Shui On Land plans US dollar bond next year

The dollar deal will follow on the back of an offshore renminbi bond that the property developer will start marketing today. The two transactions are expected to raise a combined $600 million.

Shui On Land is expected to start a roadshow for an offshore renminbi bond in Hong Kong today. The roadshow will continue to Singapore tomorrow and to London on Wednesday, with pricing expected by the end of this week. Deutsche Bank, Standard Chartered and UBS are joint bookrunners.

The company is also planning a US dollar bond, which it is expected to launch in the first or second quarter of 2011 via the same bookrunners, according to a source.

Shui On Land is the flagship property developer of the Shui On Group in mainland China. It is headquartered in Shanghai and listed on the Hong Kong stock exchange.

Shui On Land’s renminbi bonds will be US-dollar settled and it is believed to be the first issuer to sell a synthetic offshore renminbi bond in the public markets. Elsewhere in Asia, the Republic of the Philippines and Philippine oil refiner Petron Corp have issued US-dollar settled peso-denominated bonds to offshore investors in the public market.

According to a source, Shui On Land has assets in US dollars and wants to keep its liabilities in dollars.

Shui On Land is the latest company to jump on the bandwagon to tap the rapidly flourishing dim sum bond market, as the offshore renminbi bond market in Hong Kong is known. Keen to diversify out of US dollar bonds and to gain exposure to the appreciating Chinese currency, investors have ploughed into such bonds. This has driven the cost of funding down for issuers.

And a growing number of issuers are eyeing the dim sum bond market. Korea Development Bank (KDB) has mandated Deutsche Bank and HSBC for an offshore renminbi bond to raise up to $150 million equivalent.

KDB, which is wholly owned by the Korean government, is expected to be the first Korean bank to tap the dim sum market.
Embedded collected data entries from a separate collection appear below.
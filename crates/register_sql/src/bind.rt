//! Binds a store to a setup: fills a new store, or compares an old one.
ghost use Rattle.std.specs.Prelude.{◌≡◌, ◌≤◌, [], false, IfOk, IfErr};
ghost use Rattle.sqlite.specs.Held.{state};
ghost use Rattle.sqlite.specs.State.{HasCleanDisk, Survives};
ghost use Rattle.register_sql.specs.Binding.{IsSettled, IsRefused, IsBoundAs, IsNewness};
ghost use Rattle.register_sql.specs.Binding.{LeavesBound};
ghost use Rattle.register_sql.specs.Failing.{Excused, IsReading};
ghost use Rattle.register_sql.specs.Queries.{IsPart};
ghost use Rattle.register_sql.specs.Rows.{had};

use crate::identity::{Identity, judge};
use crate::make::make_whole;
use crate::profile::{compare, profile_of};
use crate::rowids::are_all_apart;
use codes_core::NoMemory;
use nest_core::Setup;
use register_store::{NEW_DEPTH, StoreFault, row_texts};
use sqlite::{Alter, Connection, Error};
use std::alloc::Global;

/// The depth limit of the bound store, or why it isn't bound.
type Answer = Result<u32, StoreFault>;

/// Completes a new store that has the first `made` tables and no row about itself. Faults: Store if
/// its rowids aren't distinct numbers; NoMemory.
fn make_new<S: Alter>(
    alloc: Global,
    conn: &mut Connection<S>,
    setup: &Setup,
    made: usize,
) -> Result<Answer, Error>
    requires few { made ≤ 6 }
    requires part { HasCleanDisk (state S.Store conn.old) → IsPart made (state S.Store conn.old) }
    requires new { HasCleanDisk (state S.Store conn.old)
        → had 1 made ((state S.Store conn.old).now.trees 0) ≡ [] }
    requires between { conn.old.in_transaction ≡ false }
    ensures between { conn.new.in_transaction ≡ false }
    ensures bound { HasCleanDisk (state S.Store conn.new)
        → IfOk result (λ answer. IfOk answer (λ depth.
        IsBoundAs setup.now depth (state S.Store conn.old) (state S.Store conn.new))) }
    ensures refused { HasCleanDisk (state S.Store conn.new) → IfOk result (λ answer. IfErr answer
        (IsRefused setup.now (state S.Store conn.old) (state S.Store conn.new))) }
    ensures crash { Survives (state S.Store conn.old) (state S.Store conn.new)
        (LeavesBound setup.now (state S.Store conn.old)) }
    ensures excused { Excused (state S.Store conn.old) (state S.Store conn.new) result }
{
    let apart = are_all_apart(conn, made)?;
    if !apart {
        return Ok(Err(StoreFault::Store));
    }
    let texts = match row_texts(alloc, setup) {
        Ok(texts) => texts,
        Err(_) => return Ok(Err(StoreFault::NoMemory)),
    };
    make_whole(conn, made, &texts, NEW_DEPTH)?;
    Ok(Ok(NEW_DEPTH))
}

/// Binds the store to the setup, and returns its depth limit or the cause of the rejection. A
/// rejected store stays as it was. The outer error is that of a failed statement, after which the
/// connection may be closed.
pub(crate) fn bind<S: Alter>(
    alloc: Global,
    conn: &mut Connection<S>,
    setup: &Setup,
) -> Result<Answer, Error>
    requires settled { HasCleanDisk (state S.Store conn.old) → IsSettled (state S.Store conn.old) }
    requires between { conn.old.in_transaction ≡ false }
    ensures between { conn.new.in_transaction ≡ false }
    ensures bound { HasCleanDisk (state S.Store conn.new)
        → IfOk result (λ answer. IfOk answer (λ depth.
        IsBoundAs setup.now depth (state S.Store conn.old) (state S.Store conn.new))) }
    ensures refused { HasCleanDisk (state S.Store conn.new) → IfOk result (λ answer. IfErr answer
        (IsRefused setup.now (state S.Store conn.old) (state S.Store conn.new))) }
    ensures crash { Survives (state S.Store conn.old) (state S.Store conn.new)
        (LeavesBound setup.now (state S.Store conn.old)) }
    ensures excused { Excused (state S.Store conn.old) (state S.Store conn.new) result }
{
    let found = profile_of(alloc, conn)?;
    let (made, identity) = match found {
        Ok(profile) => (profile.made, judge(&profile.metas)),
        Err(fault) => return Ok(Err(fault)),
    };
    match identity {
        Identity::New => {
            let answer = make_new(alloc, conn, setup, made);
            answer
        }
        Identity::OtherVersion => Ok(Err(StoreFault::OtherVersion)),
        Identity::Damaged => Ok(Err(StoreFault::Damaged(0))),
        Identity::Bound(depth) => {
            let compared = compare(alloc, conn, setup, made, 6)?;
            match compared {
                Ok(()) => Ok(Ok(depth)),
                Err(fault) => Ok(Err(fault)),
            }
        }
    }
}

/// Returns whether the store has no rows about itself, so that binding it begins a record. False if
/// the database has other tables than a store's. The outer error is that of a failed statement,
/// after which the connection may be closed.
pub(crate) fn is_new<S: Alter>(
    alloc: Global,
    conn: &mut Connection<S>,
) -> Result<Result<bool, NoMemory>, Error>
    requires settled { HasCleanDisk (state S.Store conn.old) → IsSettled (state S.Store conn.old) }
    requires between { conn.old.in_transaction ≡ false }
    ensures told { HasCleanDisk (state S.Store conn.new)
        → IfOk result (λ answer. IfOk answer (IsNewness (state S.Store conn.old).now)) }
    ensures reading { IsReading (state S.Store conn.old) (state S.Store conn.new) result }
{
    let found = profile_of(alloc, conn)?;
    match found {
        Ok(profile) => Ok(Ok(profile.metas.is_empty())),
        Err(StoreFault::NoMemory) => Ok(Err(NoMemory)),
        Err(_) => Ok(Ok(false)),
    }
}
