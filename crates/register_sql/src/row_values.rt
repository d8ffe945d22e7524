//! Reads spots, loan lines and last days from their rows.
ghost use Rattle.std.specs.Prelude.{◌≡◌, ◌≢◌, ◌<◌, ◌^◌, ℕ, ℤ, pos, List, length, IfSome, IfNone};
ghost use Rattle.sqlite.specs.Order.{column};
ghost use Rattle.sqlite.specs.declared.types.Value.TheVariants.{Int, Text};
ghost use Rattle.posting_core.specs.StageNumbers.{stage_number};
ghost use Rattle.register_store.specs.StoredRows.{spot_row, line_row};
ghost use Rattle.register_sql.specs.Fits.{IsDay, IsLoan, FitsSpot, FitsLine, FitsTerm, IsNoSpot};
ghost use Rattle.register_sql.specs.Fits.{IsNoLine, IsNoTerm};
ghost use Rattle.register_sql.specs.Rows.{spot_cells, line_cells, term_cells};

use codes_core::{Day, LoanCode};
use posting_core::{LineStage, NewSpot, Spot};
use register_store::LineKey;
use sqlite::Row;
use sqlite_value::value::ValueRef;

/// The integer in a cell; None if it holds something else.
fn int_at(row: &Row, at: usize) -> Option<i64>
    requires { at < length row.now }
    ensures read { IfSome result (λ n. column row.now at ≡ Int n) }
    ensures none { IfNone result ((n : ℤ) → column row.now at ≢ Int n) }
{
    match row.get_ref(at) {
        Ok(ValueRef::Int(found)) => Some(found),
        _ => None,
    }
}

/// The unsigned 32-bit number in a cell.
fn u32_at(row: &Row, at: usize) -> Option<u32>
    requires { at < length row.now }
    ensures read { IfSome result (λ n. column row.now at ≡ Int (pos n)) }
    ensures none { IfNone result ((n : ℕ) → n < 2 ^ 32 → column row.now at ≢ Int (pos n)) }
{
    u32::try_from(int_at(row, at)?).ok()
}

/// The day in a cell.
fn day_at(row: &Row, at: usize) -> Option<Day>
    requires { at < length row.now }
    ensures read { IfSome result (λ day. column row.now at ≡ Int day) }
    ensures none { IfNone result ((day : ℤ) → IsDay day → column row.now at ≢ Int day) }
{
    Day::numbered(int_at(row, at)?)
}

/// The stage in a cell.
fn stage_at(row: &Row, at: usize) -> Option<LineStage>
    requires { at < length row.now }
    ensures read { IfSome result (λ stage. column row.now at ≡ Int (pos (stage_number stage))) }
    ensures none { IfNone result
        ((stage : LineStage) → column row.now at ≢ Int (pos (stage_number stage))) }
{
    LineStage::numbered(u32_at(row, at)?)
}

/// The loan's code in a cell.
fn loan_at(row: &Row, at: usize) -> Option<LoanCode>
    requires { at < length row.now }
    ensures read { IfSome result (λ loan. column row.now at ≡ Text loan) }
    ensures none { IfNone result ((loan : List ℕ) → IsLoan loan → column row.now at ≢ Text loan) }
{
    match row.get_ref(at) {
        Ok(ValueRef::Text(text)) => LoanCode::parse(text).ok(),
        _ => None,
    }
}

/// Reads the row of a spot; None if it is that of no possible spot.
pub(crate) fn spot_of(row: &Row) -> Option<NewSpot>
    ensures read { IfSome result (λ spot. spot_cells (spot_row spot) ≡ row.now) }
    ensures fits { IfSome result FitsSpot }
    ensures none { IfNone result (IsNoSpot row.now) }
{
    if row.column_count() != 5 {
        return None;
    }
    let entry = u32_at(row, 2)?;
    let place = u32_at(row, 3)?;
    let day = day_at(row, 4)?;
    Some(NewSpot {
        thing: u32_at(row, 0)?,
        k: u32_at(row, 1)?,
        spot: Spot { entry, place, day },
    })
}

/// Reads the row of a loan line; None if it is that of no possible loan line.
pub(crate) fn line_of(row: &Row) -> Option<(LineKey, LineStage)>
    ensures read { IfSome result
        (λ e. line_cells (line_row (record { loan = e.0.loan; object = e.0.object; stage = e.1 }))
        ≡ row.now) }
    ensures fits { IfSome result
        (λ e. FitsLine (record { loan = e.0.loan; object = e.0.object; stage = e.1 })) }
    ensures none { IfNone result (IsNoLine row.now) }
{
    if row.column_count() != 3 {
        return None;
    }
    let loan = loan_at(row, 0)?;
    let object = u32_at(row, 1)?;
    let stage = stage_at(row, 2)?;
    Some((LineKey { loan, object }, stage))
}

/// Reads the row of a loan and its last day; None if it is that of no possible last day.
pub(crate) fn term_of(row: &Row) -> Option<(LoanCode, Day)>
    ensures read { IfSome result (λ e. term_cells (record { loan = e.0; day = e.1 }) ≡ row.now) }
    ensures fits { IfSome result (λ e. FitsTerm (record { loan = e.0; day = e.1 })) }
    ensures none { IfNone result (IsNoTerm row.now) }
{
    if row.column_count() != 2 {
        return None;
    }
    let loan = loan_at(row, 0)?;
    let day = day_at(row, 1)?;
    Some((loan, day))
}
If its cost of funding is competitive, other Korean banks such as Industrial Bank of Korea could follow its lead.

Last week, two new issuers tapped the market and were warmly welcomed by investors. Macau casino operator Galaxy Entertainment priced the first high-yield offshore renminbi bond.

The gaming company closed a Rmb1.38 billion ($207 million) three-year Reg-S bond last Thursday amid exuberant demand. The deal was more than 10 times subscribed with Rmb13.5 billion worth of orders, allowing it to be upsized from Rmb1 billion.
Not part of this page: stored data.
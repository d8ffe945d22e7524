//! Turns the tables of version 1 into those of version 2, in one transaction.
ghost use Rattle.std.specs.Prelude.{◌≡◌, OnOk, OnErr, IsTrue, false};
ghost use Rattle.sqlite.specs.Held.{state};
ghost use Rattle.sqlite.specs.State.{HasCleanDisk, Survives};
ghost use Rattle.register_store.specs.StoredRows.{rows_of_meta, term_of};
ghost use Rattle.register_sql.specs.Failing.{Excused, IsStep};
ghost use Rattle.register_sql.specs.Making.{IsMaking, Went};
ghost use Rattle.register_sql.specs.Migrating.{ClearsMeta, RenewsMeta, Raises, IsLifting, IsLifted};
ghost use Rattle.register_sql.specs.Migrating.{LeavesLifted};
ghost use Rattle.register_sql.specs.Posting as step;
ghost use Rattle.register_sql.specs.Posting.{IsWithin, Wrote, IsBack};
ghost use Rattle.register_sql.specs.Queries.{IsPart};
ghost use Rattle.register_sql.specs.Rows.{Apart};

use crate::make::{add_metas, make_at};
use crate::put::{put_some_term, run};
use posting_core::Entry;
use sqlite::{Alter, Connection, Error, Transaction};

/// The depth limit of a store of version 1. A migrated store keeps it.
const FIRST_DEPTH: u32 = 8;

/// Removes the rows about the store.
fn clear_metas<S: Alter>(tx: &mut Transaction<'_, S>) -> Result<(), Error>
    requires made { IsMaking 6 (state S.Store tx.old.conn.now) }
    requires apart { HasCleanDisk (state S.Store tx.old.conn.now)
        → IsTrue (state S.Store tx.old.conn.now).is_open
        → Apart ((state S.Store tx.old.conn.now).now.trees 0) }
    ensures same_reference { tx.new.conn.ghost_name ≡ tx.old.conn.ghost_name }
    ensures wrote { Went (state S.Store tx.old.conn.now) (state S.Store tx.new.conn.now) result
        6 ClearsMeta }
    ensures step { IsStep (state S.Store tx.old.conn.now) (state S.Store tx.new.conn.now) result }
{
    run(tx, "DELETE FROM meta", &[])
}

/// Replaces the rows about the store with version 2 and the old depth limit.
fn renew_metas<S: Alter>(tx: &mut Transaction<'_, S>) -> Result<(), Error>
    requires made { IsMaking 6 (state S.Store tx.old.conn.now) }
    requires apart { HasCleanDisk (state S.Store tx.old.conn.now)
        → IsTrue (state S.Store tx.old.conn.now).is_open
        → Apart ((state S.Store tx.old.conn.now).now.trees 0) }
    ensures same_reference { tx.new.conn.ghost_name ≡ tx.old.conn.ghost_name }
    ensures wrote { Went (state S.Store tx.old.conn.now) (state S.Store tx.new.conn.now) result
        6 (RenewsMeta (rows_of_meta 8)) }
    ensures step { IsStep (state S.Store tx.old.conn.now) (state S.Store tx.new.conn.now) result }
{
    clear_metas(tx)?;
    add_metas(tx, FIRST_DEPTH)
}

/// Creates the table of last days, empty, and sets version 2.
fn raise<S: Alter>(tx: &mut Transaction<'_, S>) -> Result<(), Error>
    requires made { IsMaking 5 (state S.Store tx.old.conn.now) }
    requires apart { HasCleanDisk (state S.Store tx.old.conn.now)
        → IsTrue (state S.Store tx.old.conn.now).is_open
        → Apart ((state S.Store tx.old.conn.now).now.trees 0) }
    ensures same_reference { tx.new.conn.ghost_name ≡ tx.old.conn.ghost_name }
    ensures wrote { Went (state S.Store tx.old.conn.now)
        (state S.Store tx.new.conn.now) result 6 Raises }
    ensures step { IsStep (state S.Store tx.old.conn.now) (state S.Store tx.new.conn.now) result }
{
    make_at(tx, 5)?;
    renew_metas(tx)
}

/// Writes the last days that the entries set. They come oldest first, so that a later one replaces
/// an earlier one.
fn put_terms<S: Alter>(tx: &mut Transaction<'_, S>, entries: &[Entry]) -> Result<(), Error>
    requires { IsWithin (state S.Store tx.old.conn.now) }
    ensures same_reference { tx.new.conn.ghost_name ≡ tx.old.conn.ghost_name }
    ensures wrote { Wrote (state S.Store tx.old.conn.now) (state S.Store tx.new.conn.now) result
        (step.with_each (λ e. step.with_some_term (term_of e)) entries.now) }
    ensures step { IsStep (state S.Store tx.old.conn.now) (state S.Store tx.new.conn.now) result }
{
    'entries: for entry in entries {
        put_some_term(tx, entry)?;
    }
    Ok(())
}

/// Makes all changes of a migration.
fn lift<S: Alter>(tx: &mut Transaction<'_, S>, entries: &[Entry]) -> Result<(), Error>
    requires made { IsMaking 5 (state S.Store tx.old.conn.now) }
    requires metas { HasCleanDisk (state S.Store tx.old.conn.now)
        → IsTrue (state S.Store tx.old.conn.now).is_open
        → Apart ((state S.Store tx.old.conn.now).now.trees 0) }
    requires lines { HasCleanDisk (state S.Store tx.old.conn.now)
        → IsTrue (state S.Store tx.old.conn.now).is_open
        → Apart ((state S.Store tx.old.conn.now).now.trees 7) }
    ensures same_reference { tx.new.conn.ghost_name ≡ tx.old.conn.ghost_name }
    ensures wrote { HasCleanDisk (state S.Store tx.new.conn.now)
        → OnOk result
        (IsLifting entries.now (state S.Store tx.old.conn.now) (state S.Store tx.new.conn.now)) }
    ensures step { IsStep (state S.Store tx.old.conn.now) (state S.Store tx.new.conn.now) result }
{
    raise(tx)?;
    put_terms(tx, entries)
}

/// Migrates a store of version 1 with these entries, oldest first, in one transaction. After an
/// error the database is as it was, if the connection is still open. Once the call has returned, a
/// crash leaves the rows from before it, or those of version 2; after an Ok, the latter.
pub(crate) fn lift_whole<S: Alter>(conn: &mut Connection<S>, entries: &[Entry]) -> Result<(), Error>
    requires part { HasCleanDisk (state S.Store conn.old) → IsPart 5 (state S.Store conn.old) }
    requires metas { HasCleanDisk (state S.Store conn.old)
        → Apart ((state S.Store conn.old).now.trees 0) }
    requires lines { HasCleanDisk (state S.Store conn.old)
        → Apart ((state S.Store conn.old).now.trees 7) }
    requires between { (state S.Store conn.old).in_transaction ≡ false }
    ensures between { (state S.Store conn.new).in_transaction ≡ false }
    ensures lifted { HasCleanDisk (state S.Store conn.new)
        → OnOk result (IsLifted entries.now (state S.Store conn.old) (state S.Store conn.new)) }
    ensures failed { HasCleanDisk (state S.Store conn.new) → IsTrue (state S.Store conn.new).is_open
        → OnErr result (IsBack (state S.Store conn.old) (state S.Store conn.new)) }
    ensures crash { Survives (state S.Store conn.old) (state S.Store conn.new)
        (LeavesLifted entries.now (state S.Store conn.old)) }
    ensures excused { Excused (state S.Store conn.old) (state S.Store conn.new) result }
{
    let _live = conn.schema();
    let _between = conn.is_autocommit();
    let mut tx = conn.transaction();
    lift(&mut tx, entries)?;
    tx.commit()
}
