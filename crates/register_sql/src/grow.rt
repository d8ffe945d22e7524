//! Replaces the setup of a whole store by one that has grown.
ghost use Rattle.std.specs.Prelude.{◌≡◌, ◌≢◌, OnOk, OnErr, IfOk, IfErr, IsTrue, true, false, map};
ghost use Rattle.std.specs.Prelude.{string_bytes};
ghost use Rattle.nest_core.specs.SetupTexts.{setup_rows};
ghost use Rattle.sqlite.specs.Held.{state};
ghost use Rattle.sqlite.specs.State.{HasCleanDisk, Survives};
ghost use Rattle.register_store.specs.Registers.{is_failure};
ghost use Rattle.register_sql.specs.Failing.{Excused};
ghost use Rattle.register_sql.specs.Growing.{with_setup};
ghost use Rattle.register_sql.specs.Posting.{IsBack, IsDone, IsReady, LeavesWhole};
ghost use Rattle.register_sql.specs.Queries.{AreApart, IsSame};
ghost use Rattle.register_sql.specs.Rows.{Apart};

use crate::make::replace_setup;
use crate::rowids::are_all_apart;
use nest_core::Setup;
use register_store::{StoreFault, row_texts};
use sqlite::{Alter, Connection, Error};
use std::alloc::Global;

/// Replaces the rows of the setup in one transaction. After an error the database is as it was, if
/// the connection is still open. Once the call has returned, a crash leaves the setup from before
/// it, or this one; after an Ok, the latter.
fn grow_whole<S: Alter>(
    conn: &mut Connection<S>,
    setup: &Setup,
    texts: &[String],
) -> Result<(), Error>
    requires ready { HasCleanDisk (state S.Store conn.old) → IsReady (state S.Store conn.old) }
    requires apart { HasCleanDisk (state S.Store conn.old)
        → Apart ((state S.Store conn.old).now.trees 2) }
    requires between { (state S.Store conn.old).in_transaction ≡ false }
    requires texts { map string_bytes texts.now ≡ setup_rows setup.now }
    ensures between { (state S.Store conn.new).in_transaction ≡ false }
    ensures grown { HasCleanDisk (state S.Store conn.new)
        → OnOk result (IsDone (state S.Store conn.old) (state S.Store conn.new)
        (with_setup setup.now)) }
    ensures failed { HasCleanDisk (state S.Store conn.new) → IsTrue (state S.Store conn.new).is_open
        → OnErr result (IsBack (state S.Store conn.old) (state S.Store conn.new)) }
    ensures crash { Survives (state S.Store conn.old) (state S.Store conn.new)
        (LeavesWhole (state S.Store conn.old) (with_setup setup.now)) }
    ensures excused { Excused (state S.Store conn.old) (state S.Store conn.new) result }
{
    let _setup = setup;
    let _live = conn.schema();
    let _between = conn.is_autocommit();
    let mut tx = conn.transaction();
    replace_setup(&mut tx, texts)?;
    tx.commit()
}

/// Replaces the setup of a whole store by this one, which has grown. The inner fault is Store if
/// rowids aren't distinct numbers, or NoMemory; the store is then as it was. The outer error is
/// that of a failed statement, after which the connection may be closed.
pub(crate) fn grow<S: Alter>(
    alloc: Global,
    conn: &mut Connection<S>,
    setup: &Setup,
) -> Result<Result<(), StoreFault>, Error>
    requires ready { HasCleanDisk (state S.Store conn.old) → IsReady (state S.Store conn.old) }
    requires between { conn.old.in_transaction ≡ false }
    ensures between { conn.new.in_transaction ≡ false }
    ensures grown { HasCleanDisk (state S.Store conn.new) → IfOk result (λ answer. OnOk answer
        (IsDone (state S.Store conn.old) (state S.Store conn.new) (with_setup setup.now))) }
    ensures refused { HasCleanDisk (state S.Store conn.new) → IfOk result (λ answer. OnErr answer
        (IsSame (state S.Store conn.old) (state S.Store conn.new))) }
    ensures faults { IfOk result (λ answer. IfErr answer (λ fault. is_failure fault ≡ true)) }
    ensures unfit { HasCleanDisk (state S.Store conn.new) → IfOk result (λ answer. IfErr answer
        (λ fault. fault ≡ StoreFault.Store → ¬ AreApart 6 (state S.Store conn.old).now.trees)) }
    ensures crash { Survives (state S.Store conn.old) (state S.Store conn.new)
        (LeavesWhole (state S.Store conn.old) (with_setup setup.now)) }
    ensures excused { Excused (state S.Store conn.old) (state S.Store conn.new) result }
{
    let apart = are_all_apart(conn, 6)?;
    if !apart {
        return Ok(Err(StoreFault::Store));
    }
    let texts = match row_texts(alloc, setup) {
        Ok(texts) => texts,
        Err(_) => return Ok(Err(StoreFault::NoMemory)),
    };
    grow_whole(conn, setup, &texts)?;
    Ok(Ok(()))
}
The bonds were issued at par and promptly traded up to 101.25 last Friday morning (Hong Kong time). The coupon was fixed at 4.625%, well inside the price whisper at the 5% area +/- 12.5bp. The issue is unrated.

Asian accounts took up 97% and Europe the remaining 3%. By investor type, fund managers bought the bulk, or 47%, banks 33%, private banks 17% and others 3%. The deal priced following a two-day roadshow in Asia and drew robust support from real money accounts, bank treasury accounts and private banks. There was participation from more than 80 investors.

Bank of America Merrill Lynch, BOC International, HSBC and UBS were joint bookrunners.

Meanwhile, VTB Bank, became the first Russian issuer to tap the dim sum market when it closed its Rmb1 billion ($150 million) three-year senior unsecured Reg S bond last week. VTB Bank is the second largest bank in Russia by assets, loans and deposits.

The deal was seven times subscribed and the coupon was fixed at 2.95%, at the tight end of revised price guidance of 3% area. The bonds were offered at par.

By geography, Asian investors took up 90% and others 10%. Within Asia, Hong Kong bought 54%, Singapore 32% and the rest of Asia 4%. Fund managers took up the lion’s share (51%), followed by retail (32%), corporate (9%) and banks (8%).

HSBC and VTB Capital were joint bookrunners. VTB Bank is rated Baa1/BBB/BBB (Moody’s/S&P/Fitch).

A slew of US and European issuers, particularly those with subsidiaries in the mainland, are also looking to issue dim sum bonds to meet their onshore funding needs. They are said to include the likes of Volkswagen, aluminium producer Rusal, Walmart and Toys “R” Us.

However, regulatory issues may hamper issuance from companies that want to remit funds raised back to the mainland.

“I think the renminbi offshore market will grow in 2011. There is a lot of demand for renminbi bonds, with investors looking to diversify out of US dollar bonds. The main question is whether issuers can obtain regulatory approval to remit renminbi funds back to China. The onshore market is very much the main event unless there is a change in regulations,” said Kenneth Poon, head of Asia-Pacific capital markets origination at Citigroup.